What you will do:
Among the entries that follow, find every line with the word "usize" and copy it.

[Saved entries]
* * * * * * *

//! The fault of a text.

use crate::profile_fault::ProfileFault;

/// Why a text wasn't read.
#[derive(Debug, Drop)]
pub enum YamlFault {
    /// It has more than `MAX_TEXT_BYTES` bytes.
    TooLarge,
    /// It isn't UTF-8: the place of the first byte that no UTF-8 text can have there, the first
    /// byte's being 0.
    /// The text's length where it ends inside a character.
    NotUtf8(usize),
    /// Its first lines up to this one, the first being 1, are no text of the profile, and that line
    /// has this fault.
    Form { line: usize, which: ProfileFault },
    /// Memory ran out.
    NoMemory,
}
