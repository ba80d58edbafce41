//! Whether two objectives count the same.
ghost use Rattle.std.specs.Prelude.{◌≡◌};
ghost use Rattle.std.specs.Bool.{Decides};
ghost use Rattle.kept_sums.specs.Objectives.{counted, key_by, pooled};

use exact_fraction::Op;
use office_history::Measure;
use slice_method::{Method, Reading};

/// Whether two operators are one.
fn is_same_op(a: Op, b: Op) -> bool
    ensures { Decides result (a ≡ b) }
{
    a == b
}

/// Whether two readings are one.
fn is_same_reading(a: Reading, b: Reading) -> bool
    ensures { Decides result (a ≡ b) }
{
    a == b
}

/// Whether two methods are one.
fn is_same_method(a: Method, b: Method) -> bool
    ensures { Decides result (a ≡ b) }
{
    a == b
}

/// Whether two objectives are one: the name first, in which most differ.
pub fn is_same_measure(a: &Measure, b: &Measure) -> bool
    ensures { Decides result (a.now ≡ b.now) }
{
    a.slo == b.slo
        && a.value == b.value
        && a.target == b.target
        && a.sli == b.sli
        && is_same_reading(a.reading, b.reading)
        && is_same_op(a.op, b.op)
        && is_same_method(a.method, b.method)
}

/// Whether two objectives count the same for their SLO: their targets alone may differ.
fn is_counted_as(a: &Measure, b: &Measure) -> bool
    ensures { Decides result (counted a.now ≡ counted b.now) }
{
    a.slo == b.slo
        && a.sli == b.sli
        && a.value == b.value
        && is_same_reading(a.reading, b.reading)
        && is_same_op(a.op, b.op)
        && is_same_method(a.method, b.method)
}

/// Whether two objectives count the same where nothing is excluded: their SLOs and targets may
/// differ.
fn is_pooled_as(a: &Measure, b: &Measure) -> bool
    ensures { Decides result (pooled a.now ≡ pooled b.now) }
{
    a.sli == b.sli
        && a.value == b.value
        && is_same_reading(a.reading, b.reading)
        && is_same_op(a.op, b.op)
        && is_same_method(a.method, b.method)
}

/// Whether sums of two objectives are kept under one key.
pub fn has_same_key(pool: bool, a: &Measure, b: &Measure) -> bool
    ensures { Decides result (key_by pool a.now ≡ key_by pool b.now) }
{
    if pool {
        return is_pooled_as(a, b);
    }
    is_counted_as(a, b)
}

* * * * * * *

Response for this exercise:
    NotUtf8(usize),
    Form { line: usize, which: ProfileFault },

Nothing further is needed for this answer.